● Exercise prompt
Search the entries for the word "current" and return every line where it is found.

● Material for this task
-------------------------

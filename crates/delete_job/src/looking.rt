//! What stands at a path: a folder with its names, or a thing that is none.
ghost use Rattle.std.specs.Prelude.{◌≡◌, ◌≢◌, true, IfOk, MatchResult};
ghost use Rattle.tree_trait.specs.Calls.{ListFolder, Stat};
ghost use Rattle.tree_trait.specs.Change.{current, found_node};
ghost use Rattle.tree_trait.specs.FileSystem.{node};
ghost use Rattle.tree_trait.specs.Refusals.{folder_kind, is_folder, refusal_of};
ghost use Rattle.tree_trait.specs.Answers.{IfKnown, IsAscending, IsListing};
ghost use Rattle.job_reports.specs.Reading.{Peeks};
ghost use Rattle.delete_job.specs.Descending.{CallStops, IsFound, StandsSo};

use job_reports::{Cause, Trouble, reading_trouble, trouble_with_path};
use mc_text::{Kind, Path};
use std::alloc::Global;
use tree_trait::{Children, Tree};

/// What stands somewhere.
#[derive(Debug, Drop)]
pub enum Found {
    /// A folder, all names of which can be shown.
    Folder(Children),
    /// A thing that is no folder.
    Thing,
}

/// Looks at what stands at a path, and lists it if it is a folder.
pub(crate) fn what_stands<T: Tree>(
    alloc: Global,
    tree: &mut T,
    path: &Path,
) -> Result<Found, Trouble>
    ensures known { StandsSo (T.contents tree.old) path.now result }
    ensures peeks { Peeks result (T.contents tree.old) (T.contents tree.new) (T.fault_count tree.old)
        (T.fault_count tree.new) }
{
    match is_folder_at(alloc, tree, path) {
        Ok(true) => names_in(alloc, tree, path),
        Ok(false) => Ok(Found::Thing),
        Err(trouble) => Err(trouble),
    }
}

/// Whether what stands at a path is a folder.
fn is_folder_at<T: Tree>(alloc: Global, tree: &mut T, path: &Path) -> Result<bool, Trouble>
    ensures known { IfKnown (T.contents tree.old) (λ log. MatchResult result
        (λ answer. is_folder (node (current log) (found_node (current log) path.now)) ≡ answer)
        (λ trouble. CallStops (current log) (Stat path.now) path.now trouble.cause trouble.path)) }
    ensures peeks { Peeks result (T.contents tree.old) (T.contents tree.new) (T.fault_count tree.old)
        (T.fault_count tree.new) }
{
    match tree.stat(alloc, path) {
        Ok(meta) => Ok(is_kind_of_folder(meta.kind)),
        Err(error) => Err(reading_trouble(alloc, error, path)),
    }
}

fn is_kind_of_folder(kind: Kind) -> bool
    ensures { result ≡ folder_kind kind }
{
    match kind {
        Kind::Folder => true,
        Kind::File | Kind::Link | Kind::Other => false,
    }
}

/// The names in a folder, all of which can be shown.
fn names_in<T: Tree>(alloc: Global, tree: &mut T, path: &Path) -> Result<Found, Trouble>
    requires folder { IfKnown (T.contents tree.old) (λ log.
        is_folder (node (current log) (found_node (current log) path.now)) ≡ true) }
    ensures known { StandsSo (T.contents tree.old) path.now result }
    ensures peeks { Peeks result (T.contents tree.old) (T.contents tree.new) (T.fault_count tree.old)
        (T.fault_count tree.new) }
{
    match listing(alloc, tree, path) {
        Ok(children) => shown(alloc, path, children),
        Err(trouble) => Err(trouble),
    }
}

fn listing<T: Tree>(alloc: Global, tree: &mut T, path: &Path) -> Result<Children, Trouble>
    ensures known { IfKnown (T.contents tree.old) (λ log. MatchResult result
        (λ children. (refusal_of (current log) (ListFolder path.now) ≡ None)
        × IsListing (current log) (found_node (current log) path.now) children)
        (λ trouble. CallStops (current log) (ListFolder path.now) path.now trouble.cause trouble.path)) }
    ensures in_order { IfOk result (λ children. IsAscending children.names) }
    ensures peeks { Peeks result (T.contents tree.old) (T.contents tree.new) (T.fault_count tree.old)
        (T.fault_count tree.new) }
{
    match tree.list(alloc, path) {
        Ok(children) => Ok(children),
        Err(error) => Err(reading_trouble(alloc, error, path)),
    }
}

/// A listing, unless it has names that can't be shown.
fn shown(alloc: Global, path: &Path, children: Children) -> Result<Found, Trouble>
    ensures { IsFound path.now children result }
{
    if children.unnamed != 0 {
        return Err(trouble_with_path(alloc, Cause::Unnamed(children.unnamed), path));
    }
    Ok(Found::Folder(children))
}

-------------------------

● Answer below
ghost use Rattle.tree_trait.specs.Change.{current, found_node};
        (λ answer. is_folder (node (current log) (found_node (current log) path.now)) ≡ answer)
        (λ trouble. CallStops (current log) (Stat path.now) path.now trouble.cause trouble.path)) }
        is_folder (node (current log) (found_node (current log) path.now)) ≡ true) }
        (λ children. (refusal_of (current log) (ListFolder path.now) ≡ None)
        × IsListing (current log) (found_node (current log) path.now) children)
        (λ trouble. CallStops (current log) (ListFolder path.now) path.now trouble.cause trouble.path)) }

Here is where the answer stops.